--- START ---
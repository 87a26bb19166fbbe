//! References resolved to what grammars define (ISO/IEC 19757-2, sections 7.18 and 7.19).
//!
//! A node's parts have smaller numbers than the node, so that one walk from the whole down meets each grammar before what
//! stands in it. Definitions that were replaced are never met.

ghost use Rattle.std.specs.Prelude.{◌≡◌, ℕ, ◌+◌, ◌<◌, ◌&&◌, ◌||◌, List, [], ◌∷◌, length, map, replicate, Some, Contains, IfOk, OnOk};
ghost use Rattle.rng_simplify.specs.declared.node.Clause.{Clause};
ghost use Rattle.rng_simplify.specs.Broken.{is_alone as says_nothing};
ghost use Rattle.rng_simplify.specs.Refusals.{cells_of, OkOrRefused};
ghost use Rattle.rng_simplify.specs.Cells.{cell_of};
ghost use Rattle.rng_simplify.specs.NameTables.{kept_for};
ghost use Rattle.rng_simplify.specs.ResolvedNodes.{IsResolved, IsToDefinitions, IsToElement, combined_number, element_number};
ghost use Rattle.rng_simplify.specs.Findings.{AddsTo, both_say, HasSigns, IsGathered, GathersOne, Gathers, given};
ghost use Rattle.rng_simplify.specs.Findings.{with_given, findings_of, findings_at_first, outer_in, combined_in, Links};
ghost use Rattle.rng_simplify.specs.Findings.{TakesGrammar, TakesCell, IsMidway, numbering_of, with_number};
ghost use Rattle.rng_simplify.specs.Findings.{with_numbered, AreNumbered};
ghost use Rattle.rng_simplify.specs.NodePlaces.{AreWellFormed, bodies_of, inner_nodes};

use crate::compose::Whole;
use crate::fault::SchemaFault;
use crate::names::Names;
use crate::node::{Clause, Node, NodeNumber};
use nx_base::cause::Cause;
use nx_base::memory::NoMemory;
use nx_base::sequence::Bytes;
use rnc_parse::surface::{Combine, Defined};
use std::alloc::Global;
use std::marker::Model;

/// The grammar in which a node stands.
#[derive(Clone, Copy, Debug, PartialEq, Eq)]
pub(crate) enum Scope {
    /// The node stands nowhere: what it is a part of was replaced.
    Nowhere,
    /// It stands outside of every grammar.
    Outside,
    /// It stands in the grammar of this number.
    In(usize),
}

/// Combined definitions, by their place among all of them. To a contract they are that place.
#[derive(Clone, Copy, Debug, PartialEq, Eq)]
pub(crate) struct CombinedNumber(pub(crate) usize);

impl Model for CombinedNumber {
    ghost use Rattle.std.specs.Prelude.{ℕ};

    ghost Value = { ℕ };

    ghost view = { λ number. number.0 };

    ghost inverse = { λ n. record { 0 = n } };
}

/// An element that stands in the schema, by its place among them. Its definition has that number in the grammar. To a contract it
/// is that place.
#[derive(Clone, Copy, Debug, PartialEq, Eq)]
pub(crate) struct ElementNumber(pub(crate) usize);

impl Model for ElementNumber {
    ghost use Rattle.std.specs.Prelude.{ℕ};

    ghost Value = { ℕ };

    ghost view = { λ number. number.0 };

    ghost inverse = { λ n. record { 0 = n } };
}

/// To what a node leads beside its parts.
#[derive(Clone, Copy, Debug, PartialEq, Eq)]
pub(crate) enum Target {
    /// To nothing.
    Nothing,
    /// A reference to the combined definitions of its name, a grammar to those of its start.
    Definitions(CombinedNumber),
    /// An element to its own definition.
    Element(ElementNumber),
}

impl Target {
    /// The combined definitions to which a reference or a grammar leads.
    pub(crate) fn combined(self) -> CombinedNumber
        requires { IsToDefinitions self }
        ensures { result ≡ combined_number self }
    {
        match self {
            Target::Definitions(number) => number,
            Target::Nothing | Target::Element(_) => unreachable!(),
        }
    }

    /// The number of an element that stands in the schema.
    pub(crate) fn element(self) -> ElementNumber
        requires { IsToElement self }
        ensures { result ≡ element_number self }
    {
        match self {
            Target::Element(number) => number,
            Target::Nothing | Target::Definitions(_) => unreachable!(),
        }
    }
}

/// The definitions of one name in one grammar, combined.
#[derive(Drop)]
pub(crate) struct Combined {
    /// How they are combined; nothing is said where one stands alone.
    pub(crate) combine: Combine,
    /// Whether one of them says nothing of how it is combined.
    has_alone: bool,
    /// Their nodes, in order.
    pub(crate) bodies: Vec<NodeNumber>,
}

/// A grammar that was met.
#[derive(Drop)]
struct Table {
    /// The grammar around it.
    outer: Scope,
    /// The number of the combined definitions of each name.
    combined: Names<CombinedNumber>,
}

/// What is known of each node.
#[derive(Drop)]
pub(crate) struct Resolved {
    pub(crate) scopes: Vec<Scope>,
    pub(crate) links: Vec<Target>,
    pub(crate) combined: Vec<Combined>,
    /// The elements' nodes by the numbers of their definitions.
    pub(crate) elements: Vec<NodeNumber>,
}

/// A walk over the nodes.
#[derive(Drop)]
struct Resolver {
    alloc: Global,
    tables: Vec<Table>,
    scopes: Vec<Scope>,
    links: Vec<Target>,
    combined: Vec<Combined>,
}

/// A list of so many times the same value.
fn filled<T: Copy + Drop>(alloc: Global, value: T, count: usize) -> Result<Vec<T>, NoMemory>
    ensures { IfOk result (λ values. values.items ≡ replicate count value) }
{
    let mut values = Vec::with_capacity(alloc, count)?;
    for _ in 0..count {
        values.push(value)?;
    }
    Ok(values)
}

/// Resolves the references of a whole schema.
pub(crate) fn resolve(alloc: Global, whole: &Whole) -> Result<Resolved, SchemaFault>
    requires { AreWellFormed (cells_of whole.now) whole.now.root }
    ensures { OkOrRefused (cells_of whole.now) whole.now.root (IsResolved (cells_of whole.now) whole.now.root) result }
{
    let mut resolver = Resolver::begin(alloc, whole.nodes.len(), whole.root)?;
    resolver.walk(whole)?;
    let Resolver {
        scopes,
        links,
        combined,
        ..
    } = resolver;
    let mut links = links;
    let elements = numbered(alloc, whole.nodes.as_slice(), scopes.as_slice(), &mut links)?;
    Ok(Resolved {
        scopes,
        links,
        combined,
        elements,
    })
}

/// The elements that stand somewhere, in order; each is linked to its number.
fn numbered(
    alloc: Global,
    nodes: &[Node],
    scopes: &[Scope],
    links: &mut Vec<Target>,
) -> Result<Vec<NodeNumber>, NoMemory>
    requires within { length scopes.now ≡ length nodes.now }
    requires known { length links.old.items ≡ length nodes.now }
    ensures { IfOk result (λ elements. AreNumbered (map cell_of nodes.now) scopes.now (length nodes.now) links.old.items
        (numbering_of links.new elements)) }
{
    let mut elements = Vec::new(alloc);
    for i in 0..nodes.len() {
        number(NodeNumber(i), &nodes[i], scopes[i], links, &mut elements)?;
    }
    Ok(elements)
}

/// Numbers a node that stands in this scope, if it is an element that stands somewhere.
fn number(
    i: NodeNumber,
    node: &Node,
    scope: Scope,
    links: &mut Vec<Target>,
    elements: &mut Vec<NodeNumber>,
) -> Result<(), NoMemory>
    requires { i < length links.old.items }
    ensures { OnOk result (numbering_of links.new elements.new ≡ with_numbered i scope (cell_of node.now)
        (numbering_of links.old elements.old)) }
{
    match scope {
        Scope::Nowhere => Ok(()),
        Scope::Outside | Scope::In(_) => number_standing(i, node, links, elements),
    }
}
--- END ---
- [What to work on]
The whole block of entries above should be repeated exactly.

- [Answer section]
repository 87a26bb19166fbbe
//! References resolved to what grammars define (ISO/IEC 19757-2, sections 7.18 and 7.19).
//!
//! A node's parts have smaller numbers than the node, so that one walk from the whole down meets each grammar before what
//! stands in it. Definitions that were replaced are never met.

ghost use Rattle.std.specs.Prelude.{◌≡◌, ℕ, ◌+◌, ◌<◌, ◌&&◌, ◌||◌, List, [], ◌∷◌, length, map, replicate, Some, Contains, IfOk, OnOk};
ghost use Rattle.rng_simplify.specs.declared.node.Clause.{Clause};
ghost use Rattle.rng_simplify.specs.Broken.{is_alone as says_nothing};
ghost use Rattle.rng_simplify.specs.Refusals.{cells_of, OkOrRefused};
ghost use Rattle.rng_simplify.specs.Cells.{cell_of};
ghost use Rattle.rng_simplify.specs.NameTables.{kept_for};
ghost use Rattle.rng_simplify.specs.ResolvedNodes.{IsResolved, IsToDefinitions, IsToElement, combined_number, element_number};
ghost use Rattle.rng_simplify.specs.Findings.{AddsTo, both_say, HasSigns, IsGathered, GathersOne, Gathers, given};
ghost use Rattle.rng_simplify.specs.Findings.{with_given, findings_of, findings_at_first, outer_in, combined_in, Links};
ghost use Rattle.rng_simplify.specs.Findings.{TakesGrammar, TakesCell, IsMidway, numbering_of, with_number};
ghost use Rattle.rng_simplify.specs.Findings.{with_numbered, AreNumbered};
ghost use Rattle.rng_simplify.specs.NodePlaces.{AreWellFormed, bodies_of, inner_nodes};

use crate::compose::Whole;
use crate::fault::SchemaFault;
use crate::names::Names;
use crate::node::{Clause, Node, NodeNumber};
use nx_base::cause::Cause;
use nx_base::memory::NoMemory;
use nx_base::sequence::Bytes;
use rnc_parse::surface::{Combine, Defined};
use std::alloc::Global;
use std::marker::Model;

/// The grammar in which a node stands.
#[derive(Clone, Copy, Debug, PartialEq, Eq)]
pub(crate) enum Scope {
    /// The node stands nowhere: what it is a part of was replaced.
    Nowhere,
    /// It stands outside of every grammar.
    Outside,
    /// It stands in the grammar of this number.
    In(usize),
}

/// Combined definitions, by their place among all of them. To a contract they are that place.
#[derive(Clone, Copy, Debug, PartialEq, Eq)]
pub(crate) struct CombinedNumber(pub(crate) usize);

impl Model for CombinedNumber {
    ghost use Rattle.std.specs.Prelude.{ℕ};

    ghost Value = { ℕ };

    ghost view = { λ number. number.0 };

    ghost inverse = { λ n. record { 0 = n } };
}

/// An element that stands in the schema, by its place among them. Its definition has that number in the grammar. To a contract it
/// is that place.
#[derive(Clone, Copy, Debug, PartialEq, Eq)]
pub(crate) struct ElementNumber(pub(crate) usize);

impl Model for ElementNumber {
    ghost use Rattle.std.specs.Prelude.{ℕ};

    ghost Value = { ℕ };

    ghost view = { λ number. number.0 };

    ghost inverse = { λ n. record { 0 = n } };
}

/// To what a node leads beside its parts.
#[derive(Clone, Copy, Debug, PartialEq, Eq)]
pub(crate) enum Target {
    /// To nothing.
    Nothing,
    /// A reference to the combined definitions of its name, a grammar to those of its start.
    Definitions(CombinedNumber),
    /// An element to its own definition.
    Element(ElementNumber),
}

impl Target {
    /// The combined definitions to which a reference or a grammar leads.
    pub(crate) fn combined(self) -> CombinedNumber
        requires { IsToDefinitions self }
        ensures { result ≡ combined_number self }
    {
        match self {
            Target::Definitions(number) => number,
            Target::Nothing | Target::Element(_) => unreachable!(),
        }
    }

    /// The number of an element that stands in the schema.
    pub(crate) fn element(self) -> ElementNumber
        requires { IsToElement self }
        ensures { result ≡ element_number self }
    {
        match self {
            Target::Element(number) => number,
            Target::Nothing | Target::Definitions(_) => unreachable!(),
        }
    }
}

/// The definitions of one name in one grammar, combined.
#[derive(Drop)]
pub(crate) struct Combined {
    /// How they are combined; nothing is said where one stands alone.
    pub(crate) combine: Combine,
    /// Whether one of them says nothing of how it is combined.
    has_alone: bool,
    /// Their nodes, in order.
    pub(crate) bodies: Vec<NodeNumber>,
}

/// A grammar that was met.
#[derive(Drop)]
struct Table {
    /// The grammar around it.
    outer: Scope,
    /// The number of the combined definitions of each name.
    combined: Names<CombinedNumber>,
}

/// What is known of each node.
#[derive(Drop)]
pub(crate) struct Resolved {
    pub(crate) scopes: Vec<Scope>,
    pub(crate) links: Vec<Target>,
    pub(crate) combined: Vec<Combined>,
    /// The elements' nodes by the numbers of their definitions.
    pub(crate) elements: Vec<NodeNumber>,
}

/// A walk over the nodes.
#[derive(Drop)]
struct Resolver {
    alloc: Global,
    tables: Vec<Table>,
    scopes: Vec<Scope>,
    links: Vec<Target>,
    combined: Vec<Combined>,
}

/// A list of so many times the same value.
fn filled<T: Copy + Drop>(alloc: Global, value: T, count: usize) -> Result<Vec<T>, NoMemory>
    ensures { IfOk result (λ values. values.items ≡ replicate count value) }
{
    let mut values = Vec::with_capacity(alloc, count)?;
    for _ in 0..count {
        values.push(value)?;
    }
    Ok(values)
}

/// Resolves the references of a whole schema.
pub(crate) fn resolve(alloc: Global, whole: &Whole) -> Result<Resolved, SchemaFault>
    requires { AreWellFormed (cells_of whole.now) whole.now.root }
    ensures { OkOrRefused (cells_of whole.now) whole.now.root (IsResolved (cells_of whole.now) whole.now.root) result }
{
    let mut resolver = Resolver::begin(alloc, whole.nodes.len(), whole.root)?;
    resolver.walk(whole)?;
    let Resolver {
        scopes,
        links,
        combined,
        ..
    } = resolver;
    let mut links = links;
    let elements = numbered(alloc, whole.nodes.as_slice(), scopes.as_slice(), &mut links)?;
    Ok(Resolved {
        scopes,
        links,
        combined,
        elements,
    })
}

/// The elements that stand somewhere, in order; each is linked to its number.
fn numbered(
    alloc: Global,
    nodes: &[Node],
    scopes: &[Scope],
    links: &mut Vec<Target>,
) -> Result<Vec<NodeNumber>, NoMemory>
    requires within { length scopes.now ≡ length nodes.now }
    requires known { length links.old.items ≡ length nodes.now }
    ensures { IfOk result (λ elements. AreNumbered (map cell_of nodes.now) scopes.now (length nodes.now) links.old.items
        (numbering_of links.new elements)) }
{
    let mut elements = Vec::new(alloc);
    for i in 0..nodes.len() {
        number(NodeNumber(i), &nodes[i], scopes[i], links, &mut elements)?;
    }
    Ok(elements)
}

/// Numbers a node that stands in this scope, if it is an element that stands somewhere.
fn number(
    i: NodeNumber,
    node: &Node,
    scope: Scope,
    links: &mut Vec<Target>,
    elements: &mut Vec<NodeNumber>,
) -> Result<(), NoMemory>
    requires { i < length links.old.items }
    ensures { OnOk result (numbering_of links.new elements.new ≡ with_numbered i scope (cell_of node.now)
        (numbering_of links.old elements.old)) }
{
    match scope {
        Scope::Nowhere => Ok(()),
        Scope::Outside | Scope::In(_) => number_standing(i, node, links, elements),
    }
}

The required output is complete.